12. Aha, in der Routing Tabelle steht eine statische Route die dem Router sagt alles für 192.168.1.0 schicke bitte an die 172.16.1.254 "Router" 
13. Der "Router" empfängt nun das Packet, sieht auf die Zieladresse 192.168.0.15 und sieht daraufhin in seiner Routing Tabelle nach.....
14. Gut, Das 192.168.0.0er Netz ist an mir direkt angeschlossen also raus damit
15. Nun landet das Packet beim "700V" der das Paket an den Client 192.168.0.15 schickt.
15. Perfekt, das Packet mit der echo Antwort vom Router ist da und erzeugt ein freudestrahlendes "Antwort von 172.16.1.20"


----------



## Maniskryptus (21. August 2013)

*AW: Haus Vernetzung 2 DSL Anschlüsse Fragen über Fragen!*

Servus, 

okay, das habe ich soweit Verstanden, und ein wenig kenne ich mich ja auch aus. Ich war mir nur nicht Sicher wie ich das Löse wegen der 2 Internetverbindungen! Diese ja Getrennt voneinander Funtionieren sollten.

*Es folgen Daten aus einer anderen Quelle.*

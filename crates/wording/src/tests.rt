use crate::{Line, Told};
use message::{Event, Kind, MessageFault};
use std::test::Fail;

// An event is told as one of any kind, whatever its numbers.
#[test]
fn any_event_is_told(rt: HostRuntime) -> Result<(), Fail> {
    let event = Event {
        kind: 8,
        thread: 255,
        address: 65535,
        width: 200,
        value: 255,
    };
    let stored = Told {
        kind: Kind::Store,
        event,
    };
    let words = format!(in rt.alloc(); "{stored}")?;
    assert_eq!(rt;
        words.as_str(),
        "thread 255 stores 255 (0xff), width 200, at address 65535 (line 1023)"
    );
    let loaded = Told {
        kind: Kind::Load,
        event: Event {
            kind: 0,
            thread: 4,
            address: 64,
            width: 0,
            value: 0,
        },
    };
    let words = format!(in rt.alloc(); "{loaded}")?;
    assert_eq!(rt;
        words.as_str(),
        "thread 4 loads 0 (0x0), width 0, at address 64 (line 1)"
    );
    let line = Line {
        ordinal: 7,
        said: Ok::<Told, MessageFault>(loaded),
    };
    let words = format!(in rt.alloc(); "{line}")?;
    assert_eq!(rt;
        words.as_str(),
        "7: thread 4 loads 0 (0x0), width 0, at address 64 (line 1)"
    );
    let refused = Line {
        ordinal: 8,
        said: Err::<Told, MessageFault>(MessageFault::Length),
    };
    let words = format!(in rt.alloc(); "{refused}")?;
    assert_eq!(rt;
        words.as_str(),
        "8: refused, since it is not 16 bytes long: fault 1 of layer 1 (message) at byte 0"
    );
    Ok(())
}
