// The lines of a listing, and how many messages of each kind there were.
#![tactic(auto)]

mod lines;
mod tally;
#[cfg(test)]
mod tests;

pub use lines::{Line, list, list_by};
pub use message::Told;
pub use tally::Tally;
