// The lines of a listing.
ghost use Rattle.message.specs.KnownEvents.{ReadingKnown};
ghost use Rattle.wording.specs.Lines.{Listed};

use crate::tally::Tally;
use message::{FaultCode, Follower, KnownEvent, MessageFault, Reader};
use std::fmt;

// What a listing says of one message: its ordinal, and the event that it carries or why it is refused. Any value that has
// words may stand for the event.
#[derive(Clone, Copy, Debug, PartialEq, Eq, Hash)]
pub struct Line<F, E = KnownEvent> {
    pub ordinal: u64,
    pub said: Result<E, F>,
}

// The line of the next message that a follower is given, which is counted unless it is refused.
pub fn list_by<T: Follower>(follower: &mut T, message: &[u8], tally: &mut Tally) -> Line<T::Fault>
    ensures follows { T.follows follower.old message.now result.said follower.new }
    ensures listed { Listed tally.old result tally.new }
{
    let ordinal = tally.messages;
    let said = follower.follow(message);
    if let Ok(known) = said {
        tally.note(known.kind);
    }
    Line { ordinal, said }
}

// The line of the next message, which is read and no more.
pub fn list(message: &[u8], tally: &mut Tally) -> Line<MessageFault>
    ensures reads { ReadingKnown message.now result.said }
    ensures listed { Listed tally.old result tally.new }
{
    list_by(&mut Reader, message, tally)
}

impl<F: Copy + fmt::Display + Into<FaultCode>, E: Copy + fmt::Display> fmt::Display for Line<F, E> {
    fn fmt<W: fmt::Write>(&self, f: &mut fmt::Formatter<W>) -> fmt::Result {
        let ordinal = self.ordinal;
        match self.said {
            Ok(event) => write!(f, "{ordinal}: {event}"),
            Err(fault) => {
                let code: FaultCode = fault.into();
                write!(f, "{ordinal}: refused, since {fault}: {code}")
            }
        }
    }
}
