// How many messages of each kind were read.
ghost use Rattle.std.specs.Prelude.{◌≡◌, ◌+◌, ◌-◌, ◌<◌, min};
ghost use Rattle.message.specs.Kinds.{number_of};
ghost use Rattle.wording.specs.Counts.{Noted, count_of};

use message::{KINDS, Kind};
use std::fmt;

// How many messages in all, and of each kind in the order of their numbers. A count stays at the largest number once it
// is there.
#[derive(Clone, Copy, Debug, PartialEq, Eq, Hash)]
pub struct Tally {
    pub messages: u64,
    counts: [u64; KINDS],
}

fn place(kind: Kind) -> usize
    ensures place { result ≡ number_of kind - 1 }
    ensures within { result < 8 }
{
    kind as usize - 1
}

// One more, up to the largest number.
fn raised(count: u64) -> u64
    ensures { result ≡ min (count + 1) 18446744073709551615 }
{
    count.saturating_add(1)
}

impl Tally {
    pub fn new() -> Tally
        ensures messages { result.messages ≡ 0 }
        ensures counts { (k : Kind) → count_of result k ≡ 0 }
    {
        Tally {
            messages: 0,
            counts: [0; KINDS],
        }
    }

    pub fn of(&self, kind: Kind) -> u64
        ensures { result ≡ count_of self.now kind }
    {
        self.counts[place(kind)]
    }

    // One more message of a kind.
    pub(crate) fn note(&mut self, kind: Kind)
        ensures { Noted self.old kind self.new }
    {
        self.messages = raised(self.messages);
        let i = place(kind);
        self.counts[i] = raised(self.counts[i]);
    }
}

// A line for each kind.
impl fmt::Display for Tally {
    fn fmt<W: fmt::Write>(&self, f: &mut fmt::Formatter<W>) -> fmt::Result {
        for kind in Kind::ALL {
            let count = self.of(kind);
            writeln!(f, "  {kind}: {count}")?;
        }
        Ok(())
    }
}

Ich werde morgen bei Zeit mal deine Konstellation zum Testen aufbauen!



TeKila schrieb:


> 3.2 Server ->
> -> Router --->
> ---> Router 700V
> ---> Router 921V
> ...



Das Verstehe ich auch hoffentlich richtig: Vom Server geht ein LAN Kabel an einen separaten Router, in meinem Fall dann die "FritzBox" von diesem geht jeweils ein Kabel an den 700v und eines an den 921V. 
Die Pcs und sonstigen Geräten die an den beiden Routern Angeschlossen sind, bleiben nach Konfiguration unberührt von einander!

Ich muss ja dann lediglich jedem Router eine Feste und voneinander Unterscheidende IP geben! ( Das Funktioniert auch, habe das bei der Fritz Box und dem 921V Zur zeit so) 
Und dann noch den DHCP EInstellen in welchen Zahlen bereichen er die IPs zuweisen soll. 

Dein Beispiel:

Router - "700V" - 192.168.0.1
Router - "921V" - 172.16.1.1
Router - "Fritzbox" - 192.168.0.254

Den Absatz Verstehe ich nun nicht so recht! 

*"Server oder eigenständiger Router - "Router" - 192.168.0.254 UND 172.16.1.254"*

Ich denke als eigenständigen Router meinst du dann in meinem Fall die FritzBox von der aus dann die beiden anderen Angeschlossen werden. Aber in der FritzBox kann ich nur eine IP Einstellen. Oder meinst du was anderes?

Sorry, das ich vielleicht auf dem Schlauch stehe. 

Greez
Benny


----------



## nfsgame (21. August 2013)

*AW: Haus Vernetzung 2 DSL Anschlüsse Fragen über Fragen!*



Maniskryptus schrieb:


> Servus,
> 
> okay, das habe ich soweit Verstanden, und ein wenig kenne ich mich ja auch aus. Ich war mir nur nicht Sicher wie ich das Löse wegen der 2 Internetverbindungen! Diese ja Getrennt voneinander Funtionieren sollten.


 
Ganz einfach in dem du den entsprechenden Standardgateway des jeweiligen Routers im Client festlegst.


----------



## Maniskryptus (21. August 2013)

*AW: Haus Vernetzung 2 DSL Anschlüsse Fragen über Fragen!*



nfsgame schrieb:


> Ganz einfach in dem du den entsprechenden Standardgateway des jeweiligen Routers im Client festlegst.


 
Servus, 

und dann funktionieren auch zb. die Handys und Tablets die zum jeweiligen Router per W-Lan angebunden sind? Ohne im Handy etc den Standartgetway einzustellen?  

Greez
Benny


----------



## Maniskryptus (21. August 2013)

*AW: Haus Vernetzung 2 DSL Anschlüsse Fragen über Fragen!*

Also ich habe jetzt mal zum Testen was aufgebaut! 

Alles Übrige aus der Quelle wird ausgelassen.